Excerpts from a dataset:
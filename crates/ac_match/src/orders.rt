ghost use Rattle.std.specs.Prelude.{◌≡◌, ◌≤◌, List, [], ◌∷◌, ◌++◌, length, zip, IfOk, OnOk, OnErr, MatchOption};
ghost use Rattle.ac_syntax.specs.declared.tree.Order.{Order};
ghost use Rattle.ac_syntax.specs.declared.tree.Site.{Site};
ghost use Rattle.ac_match.specs.SiteOrders.{ExtendsRefuted, IsNext, IsOrderOf};
ghost use Rattle.ac_match.specs.MatchInternals.Numbers.{AreNumbered, IsPlace};

use crate::look::Choice;
use crate::numbers::{chosen, numbered};
use ac_base::Items;
use ac_syntax::tree::{Order, Site};
use ac_widen::Derivation;
use std::alloc::{AllocError, Global};
use std::marker::Model;

/// A refuted partial order: each order that extends it has a mismatch, and `why` derives it.
#[derive(Drop)]
pub struct Refuted {
    pub partial: Items<(Site, Order)>,
    pub why: Derivation,
}

/// The orders of some sites, and the refuted partial orders. An order gives each site `Keep` or `Swap`; where a site stands
/// in the list twice, its first place counts.
#[derive(Drop)]
pub struct Orders {
    alloc: Global,
    sites: Items<Site>,
    refuted: Items<Refuted>,
    numbered: Items<Items<Choice>>,
}

impl Model for Orders {
    ghost use Rattle.ac_match.specs.SiteOrders.{OrdersOf};
    ghost use Rattle.ac_match.specs.MatchInternals.Numbers.{AllNumbered};

    ghost Value = { OrdersOf };

    ghost view = { λ o. record { sites = o.sites; refuted = o.refuted } };

    ghost invariant = { λ o. AllNumbered o.sites o.refuted o.numbered };
}

/// What comes next in a search over orders.
#[derive(Drop)]
pub enum Next {
    /// An order of all sites, in their order, that extends no refuted one.
    Order(Items<(Site, Order)>),
    /// Each order extends a refuted one.
    Done,
    /// There are too many sites and refuted orders.
    Spent,
}

/// How many sites may be with any number of refuted orders.
pub const FEW_SITES: usize = 10;

/// How many orders may be refuted where there are more sites.
pub const MOST_REFUTED: usize = 1024;

impl Orders {
    /// The orders of the sites, none refuted.
    pub fn new(alloc: Global, sites: Vec<Site>) -> Orders
        ensures { result ≡ record { sites = sites.items; refuted = [] } }
    {
        Orders {
            alloc,
            sites: Items::from(sites),
            refuted: Items::new(alloc),
            numbered: Items::new(alloc),
        }
    }

    /// Adds a refuted partial order. After want of memory all is as before.
    pub fn refute(&mut self, partial: Vec<(Site, Order)>, why: Derivation) -> Result<(), AllocError>
        ensures ok { OnOk result (self.new ≡ record { sites = self.old.sites; refuted = self.old.refuted ++ record { partial = partial.items; why = why } ∷ [] }) }
        ensures err { OnErr result (self.new ≡ self.old) }
    {
        let choices = numbered(self.alloc, self.sites.as_slice(), partial.as_slice())?;
        self.numbered.push(choices)?;
        let refuted = Refuted {
            partial: Items::from(partial),
            why,
        };
        match self.refuted.push(refuted) {
            Ok(()) => Ok(()),
            Err(want) => {
                self.numbered.pop();
                Err(want)
            }
        }
    }

    /// The refuted partial orders, in the order in which they came.
    pub fn refuted(&self) -> &[Refuted]
        ensures { result.now ≡ self.now.refuted }
    {
        self.refuted.as_slice()
    }

    /// The refuted partial orders, in the order in which they came, without taking memory.
    pub fn into_refuted(self) -> Items<Refuted>
        ensures { result ≡ self.refuted }
    {
        let Orders { refuted, .. } = self;
        refuted
    }

    /// An order of all sites that extends no refuted one; `Done` exactly where each order extends one; `Spent` exactly
    /// where there are more than 10 sites, 1,024 or more orders were refuted, and `Done` does not come.
    pub fn next(&self, alloc: Global) -> Result<Next, AllocError>
        ensures { IfOk result (IsNext self.now) }
    {
        match chosen(alloc, self.sites.as_slice(), self.numbered.as_slice()) {
            Ok(Some(order)) => {
                if self.sites.len() > FEW_SITES && self.refuted.len() >= MOST_REFUTED {
                    Ok(Next::Spent)
                } else {
                    Ok(Next::Order(order))
                }
            }
            Ok(None) => Ok(Next::Done),
            Err(want) => Err(want),
        }
    }
}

TASK:
Give all of the lines above again, exactly as they are.

RESULT OF THE EXERCISE:
filename crates/ac_match/src/orders.rt
ghost use Rattle.std.specs.Prelude.{◌≡◌, ◌≤◌, List, [], ◌∷◌, ◌++◌, length, zip, IfOk, OnOk, OnErr, MatchOption};
ghost use Rattle.ac_syntax.specs.declared.tree.Order.{Order};
ghost use Rattle.ac_syntax.specs.declared.tree.Site.{Site};
ghost use Rattle.ac_match.specs.SiteOrders.{ExtendsRefuted, IsNext, IsOrderOf};
ghost use Rattle.ac_match.specs.MatchInternals.Numbers.{AreNumbered, IsPlace};

use crate::look::Choice;
use crate::numbers::{chosen, numbered};
use ac_base::Items;
use ac_syntax::tree::{Order, Site};
use ac_widen::Derivation;
use std::alloc::{AllocError, Global};
use std::marker::Model;

/// A refuted partial order: each order that extends it has a mismatch, and `why` derives it.
#[derive(Drop)]
pub struct Refuted {
    pub partial: Items<(Site, Order)>,
    pub why: Derivation,
}

/// The orders of some sites, and the refuted partial orders. An order gives each site `Keep` or `Swap`; where a site stands
/// in the list twice, its first place counts.
#[derive(Drop)]
pub struct Orders {
    alloc: Global,
    sites: Items<Site>,
    refuted: Items<Refuted>,
    numbered: Items<Items<Choice>>,
}

impl Model for Orders {
    ghost use Rattle.ac_match.specs.SiteOrders.{OrdersOf};
    ghost use Rattle.ac_match.specs.MatchInternals.Numbers.{AllNumbered};

    ghost Value = { OrdersOf };

    ghost view = { λ o. record { sites = o.sites; refuted = o.refuted } };

    ghost invariant = { λ o. AllNumbered o.sites o.refuted o.numbered };
}

/// What comes next in a search over orders.
#[derive(Drop)]
pub enum Next {
    /// An order of all sites, in their order, that extends no refuted one.
    Order(Items<(Site, Order)>),
    /// Each order extends a refuted one.
    Done,
    /// There are too many sites and refuted orders.
    Spent,
}

/// How many sites may be with any number of refuted orders.
pub const FEW_SITES: usize = 10;

/// How many orders may be refuted where there are more sites.
pub const MOST_REFUTED: usize = 1024;

impl Orders {
    /// The orders of the sites, none refuted.
    pub fn new(alloc: Global, sites: Vec<Site>) -> Orders
        ensures { result ≡ record { sites = sites.items; refuted = [] } }
    {
        Orders {
            alloc,
            sites: Items::from(sites),
            refuted: Items::new(alloc),
            numbered: Items::new(alloc),
        }
    }

    /// Adds a refuted partial order. After want of memory all is as before.
    pub fn refute(&mut self, partial: Vec<(Site, Order)>, why: Derivation) -> Result<(), AllocError>
        ensures ok { OnOk result (self.new ≡ record { sites = self.old.sites; refuted = self.old.refuted ++ record { partial = partial.items; why = why } ∷ [] }) }
        ensures err { OnErr result (self.new ≡ self.old) }
    {
        let choices = numbered(self.alloc, self.sites.as_slice(), partial.as_slice())?;
        self.numbered.push(choices)?;
        let refuted = Refuted {
            partial: Items::from(partial),
            why,
        };
        match self.refuted.push(refuted) {
            Ok(()) => Ok(()),
            Err(want) => {
                self.numbered.pop();
                Err(want)
            }
        }
    }

    /// The refuted partial orders, in the order in which they came.
    pub fn refuted(&self) -> &[Refuted]
        ensures { result.now ≡ self.now.refuted }
    {
        self.refuted.as_slice()
    }

    /// The refuted partial orders, in the order in which they came, without taking memory.
    pub fn into_refuted(self) -> Items<Refuted>
        ensures { result ≡ self.refuted }
    {
        let Orders { refuted, .. } = self;
        refuted
    }

    /// An order of all sites that extends no refuted one; `Done` exactly where each order extends one; `Spent` exactly
    /// where there are more than 10 sites, 1,024 or more orders were refuted, and `Done` does not come.
    pub fn next(&self, alloc: Global) -> Result<Next, AllocError>
        ensures { IfOk result (IsNext self.now) }
    {
        match chosen(alloc, self.sites.as_slice(), self.numbered.as_slice()) {
            Ok(Some(order)) => {
                if self.sites.len() > FEW_SITES && self.refuted.len() >= MOST_REFUTED {
                    Ok(Next::Spent)
                } else {
                    Ok(Next::Order(order))
                }
            }
            Ok(None) => Ok(Next::Done),
            Err(want) => Err(want),
        }
    }
}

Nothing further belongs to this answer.